[Supplied material]
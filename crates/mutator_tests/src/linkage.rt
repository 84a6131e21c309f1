//! What each rule makes of one record, through the bound of a rule.
ghost use Rattle.std.specs.Prelude.{◌≡◌, IfOk, [], length};
ghost use Rattle.graph_nodes.specs.Nodes.{targets};
ghost use Rattle.mutator_rules.specs.Conditions.{MayVisit, indices_in};

use bp_faults::{Item, ModuleId, NodeId, OutOfMemory, Path, Place, Seq, Target, Text};
use bp_props::{Given, GroupId, GroupProps, Module, ModuleKind, Props, Source};
use linkage_mutator::laws::{link_variants_differ, source_variants_differ};
use linkage_mutator::{DepsAsk, LinkSplit, PerSource, PluginsAsk, module_names};
use module_graph::{Axis, Graph, Node, Variation, Variations};
use module_rules::Record;
use mutator_rules::{BottomUp, Config, Split};
use pass_core::VisitError;
use std::alloc::Global;
use std::process::Abort;
use std::sync::Arc;
use std::test::Fail;

#[derive(Clone, Copy)]
enum Rule {
    Link,
    Deps,
    Plugins,
    PluginsByTable,
    Sources,
}

const NONE: Variation = Variation::Empty;

const STATIC: Variation = Variation::Static;

const SHARED: Variation = Variation::Shared;

/// What a rule makes of the record of a module of a kind, at a node with a link. The flag turns its shared group off.
type Case = (Rule, ModuleKind, Variation, bool, &'static str);

const CASES: [Case; 13] = [
    (
        Rule::Link,
        ModuleKind::Library,
        NONE,
        true,
        "Static -o-s-fPIC x.c files;Shared -o-h-fPIC x.c files;",
    ),
    (
        Rule::Link,
        ModuleKind::Library,
        NONE,
        false,
        "Static -o-s-fPIC x.c files;",
    ),
    (
        Rule::Link,
        ModuleKind::LibraryStatic,
        NONE,
        false,
        "Static -o-fPIC x.c files;",
    ),
    (
        Rule::Link,
        ModuleKind::LibraryShared,
        NONE,
        false,
        "Shared -o-fPIC x.c files;",
    ),
    (
        Rule::Link,
        ModuleKind::Binary,
        NONE,
        false,
        "Empty -o x.c files;",
    ),
    (
        Rule::Deps,
        ModuleKind::Test,
        NONE,
        true,
        "Empty -o x.c files;Whole w Device Vendor Static false;Static s Device Vendor Static false;\
         Shared h Device Vendor Shared false;Header d Device Vendor Empty false;\
         DataBin b Device Vendor Empty false;Sources files Common Empty Empty false;",
    ),
    (
        Rule::Deps,
        ModuleKind::Filegroup,
        NONE,
        true,
        "Empty -o x.c files;Sources files Common Empty Empty false;",
    ),
    (
        Rule::Plugins,
        ModuleKind::Library,
        SHARED,
        true,
        "Empty -o x.c files;Shared app Device Vendor Empty true;Shared host Device Vendor Shared true;\
         Shared test Device Vendor Empty true;Shared no Device Vendor Shared true;",
    ),
    (
        Rule::PluginsByTable,
        ModuleKind::Library,
        SHARED,
        true,
        "Empty -o x.c files;Shared app Device Vendor Empty true;Shared host Device Vendor Shared true;\
         Shared test Device Vendor Empty true;Shared no Device Vendor Shared true;",
    ),
    (
        Rule::Plugins,
        ModuleKind::Library,
        STATIC,
        true,
        "Empty -o x.c files;",
    ),
    (
        Rule::Sources,
        ModuleKind::Test,
        NONE,
        true,
        "PerSource(1) -o x.c;PerSource(2) -o files;",
    ),
    (
        Rule::Sources,
        ModuleKind::Binary,
        NONE,
        true,
        "Empty -o x.c files;",
    ),
    (
        Rule::Sources,
        ModuleKind::Defaults,
        NONE,
        true,
        "Empty -o x.c files;",
    ),
];

const PLACE: Place = Place {
    file: 1,
    line: 1,
    col: 1,
};

fn item(alloc: Global, text: &str) -> Result<Item, OutOfMemory> {
    Ok(Item {
        text: Text::from_str(alloc, text)?,
        at: PLACE,
    })
}

fn given(value: bool) -> Option<Given<bool>> {
    Some(Given { value, at: PLACE })
}

fn flags(alloc: Global, flag: &str) -> Result<GroupProps, OutOfMemory> {
    let mut group = GroupProps::empty(alloc);
    group.cflags.push(alloc, Text::from_str(alloc, flag)?)?;
    Ok(group)
}

/// The one record of all cases.
fn sample(alloc: Global, enabled: bool) -> Result<Props, OutOfMemory> {
    let mut own = Props::empty(alloc);
    own.base = flags(alloc, "-o")?;
    let base = &mut own.base;
    for (named, text) in [(false, "x.c"), (true, "files")] {
        let item = item(alloc, text)?;
        base.srcs.push(alloc, Source { named, item })?;
    }
    base.whole_static_libs.push(alloc, item(alloc, "w")?)?;
    base.static_libs.push(alloc, item(alloc, "s")?)?;
    base.shared_libs.push(alloc, item(alloc, "h")?)?;
    base.header_libs.push(alloc, item(alloc, "d")?)?;
    own.data_bins.push(alloc, item(alloc, "b")?)?;
    for host in ["app", "host", "test", "no"] {
        own.plugin_of.push(alloc, item(alloc, host)?)?;
    }
    own.test_per_src = given(true);
    let mut shared = flags(alloc, "-h")?;
    shared.enabled = given(enabled);
    own.groups.insert(GroupId::Static, flags(alloc, "-s")?)?;
    own.groups.insert(GroupId::Shared, shared)?;
    Ok(own)
}

fn named(alloc: Global, name: &str, kind: ModuleKind) -> Result<Module, OutOfMemory> {
    Ok(Module {
        name: Text::from_str(alloc, name)?,
        kind,
        dir: Path::root(alloc),
        at: PLACE,
        props: Props::empty(alloc),
    })
}

/// A module of a kind, and four others, of which the last has the name of the first.
fn modules(alloc: Global, kind: ModuleKind) -> Result<Vec<Module>, OutOfMemory>
    ensures { IfOk result (λ mods. length mods.items ≡ 5) }
{
    let mut mods = Vec::new(alloc);
    mods.push(named(alloc, "own", kind)?)?;
    mods.push(named(alloc, "app", ModuleKind::Binary)?)?;
    mods.push(named(alloc, "host", ModuleKind::Library)?)?;
    mods.push(named(alloc, "test", ModuleKind::Test)?)?;
    mods.push(named(alloc, "app", ModuleKind::Library)?)?;
    Ok(mods)
}

/// A graph of one node, without edges, for a device's vendor image.
fn graph<'m>(alloc: Global, link: Variation, own: Props) -> Result<Graph<Record<'m>>, OutOfMemory>
    ensures may { IfOk result (λ g. MayVisit (indices_in 5) g.nodes 0) }
    ensures targets { IfOk result (λ g. targets g.nodes 0 ≡ []) }
{
    let mut vars = Variations::empty(alloc);
    vars.set(Axis::Target, Variation::Target(Target::AndroidArm64));
    vars.set(Axis::Image, Variation::Vendor);
    vars.set(Axis::Link, link);
    let mut nodes = Vec::new(alloc);
    nodes.push(Node {
        module: ModuleId(0),
        vars,
        payload: Record::new(alloc, own)?,
        edges: Seq::new(Vec::new(alloc)),
    })?;
    Ok(Graph {
        nodes: Seq::new(nodes),
    })
}

fn spelled(alloc: Global, variation: Variation) -> Result<String, OutOfMemory> {
    if matches!(variation, Variation::Target(_)) {
        return Ok(String::from_str(alloc, "Device")?);
    }
    Ok(format!(in alloc; "{variation:?}")?)
}

/// The flags of a record together, and its sources.
fn add_record(alloc: Global, out: &mut String, own: &Props) -> Result<(), OutOfMemory> {
    for flag in own.base.cflags.items() {
        out.push_str(flag.as_str())?;
    }
    for source in own.base.srcs.items() {
        let text = source.item.text.as_str();
        out.push_str(format!(in alloc; " {text}")?.as_str())?;
    }
    Ok(())
}

fn add_variants(
    alloc: Global,
    out: &mut String,
    made: &Split<Record<'_>>,
) -> Result<(), OutOfMemory> {
    for (variation, record) in made.variants.as_slice() {
        out.push_str(format!(in alloc; "{variation:?} ")?.as_str())?;
        add_record(alloc, out, &record.to_props(alloc)?)?;
        out.push_str(";")?;
    }
    Ok(())
}

fn add_requests(
    alloc: Global,
    out: &mut String,
    made: &Split<Record<'_>>,
) -> Result<(), OutOfMemory> {
    for request in made.requests.as_slice() {
        let kind = request.kind;
        let name = request.name.as_str();
        let target = spelled(alloc, request.want.target)?;
        let image = request.want.image;
        let link = request.want.link;
        let reverse = request.reverse;
        let line = format!(in alloc; "{kind:?} {name} {target} {image:?} {link:?} {reverse};")?;
        out.push_str(line.as_str())?;
    }
    Ok(())
}

/// What a rule answers at the node.
fn answer<P: Drop, M: BottomUp<P>>(
    alloc: Global,
    rule: &M,
    g: &Graph<P>,
) -> Result<Split<P>, VisitError>
    requires may { MayVisit (M.accepts rule.now) g.now.nodes 0 }
    requires targets { targets g.now.nodes 0 ≡ [] }
{
    let ins: Vec<Arc<Split<P>>> = Vec::new(alloc);
    rule.visit(alloc, g, NodeId(0), &ins)
}

fn answer_of<'m>(
    alloc: Global,
    rule: Rule,
    mods: &'m [Module],
    config: &'m Config,
    g: &Graph<Record<'m>>,
) -> Result<Split<Record<'m>>, VisitError>
    requires five { length mods.now ≡ 5 }
    requires may { MayVisit (indices_in 5) g.now.nodes 0 }
    requires targets { targets g.now.nodes 0 ≡ [] }
{
    match rule {
        Rule::Link => answer(alloc, &LinkSplit::new(mods, config), g),
        Rule::Deps => answer(alloc, &DepsAsk::new(mods, config), g),
        Rule::Plugins => answer(alloc, &PluginsAsk::new(mods, config), g),
        Rule::PluginsByTable => {
            let names = module_names(alloc, mods)?;
            answer(alloc, &PluginsAsk::with_names(mods, config, &names), g)
        }
        Rule::Sources => answer(alloc, &PerSource::new(mods, config), g),
    }
}

fn said_of<'m>(
    alloc: Global,
    case: &Case,
    mods: &'m [Module],
    config: &'m Config,
) -> Result<String, OutOfMemory>
    requires { length mods.now ≡ 5 }
{
    let (rule, _, link, enabled, _) = *case;
    let g: Graph<Record<'m>> = graph(alloc, link, sample(alloc, enabled)?)?;
    let mut out = String::new(alloc);
    match answer_of(alloc, rule, mods, config, &g) {
        Ok(made) => {
            add_variants(alloc, &mut out, &made)?;
            add_requests(alloc, &mut out, &made)?;
        }
        Err(VisitError::Bad(_fault)) => out.push_str("fault")?,
        Err(VisitError::OutOfMemory) => return Err(OutOfMemory),
    }
    Ok(out)
}

fn said(alloc: Global, case: &Case) -> Result<String, OutOfMemory> {
    let mods = modules(alloc, case.1)?;
    let config = Config {
        targets: Seq::new(Vec::new(alloc)),
    };
    said_of(alloc, case, mods.as_slice(), &config)
}

fn check_cases(rt: &impl Abort, alloc: Global, cases: &[Case]) -> Result<(), Fail> {
    for (index, case) in cases.iter().enumerate() {
        assert_eq!(rt; said(alloc, case)?.as_str(), case.4, "case {index}");
    }
    Ok(())
}

#[test]
fn variants_and_requests(rt: HostRuntime) -> Result<(), Fail> {
    link_variants_differ();
    source_variants_differ();
    check_cases(&rt, rt.alloc(), &CASES)
}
[/Supplied material]
*Brief*. Among the lines above, find those holding "format" and copy each one.

*Answer to this exercise*.
    Ok(format!(in alloc; "{variation:?}")?)
        out.push_str(format!(in alloc; " {text}")?.as_str())?;
        out.push_str(format!(in alloc; "{variation:?} ")?.as_str())?;
        let line = format!(in alloc; "{kind:?} {name} {target} {image:?} {link:?} {reverse};")?;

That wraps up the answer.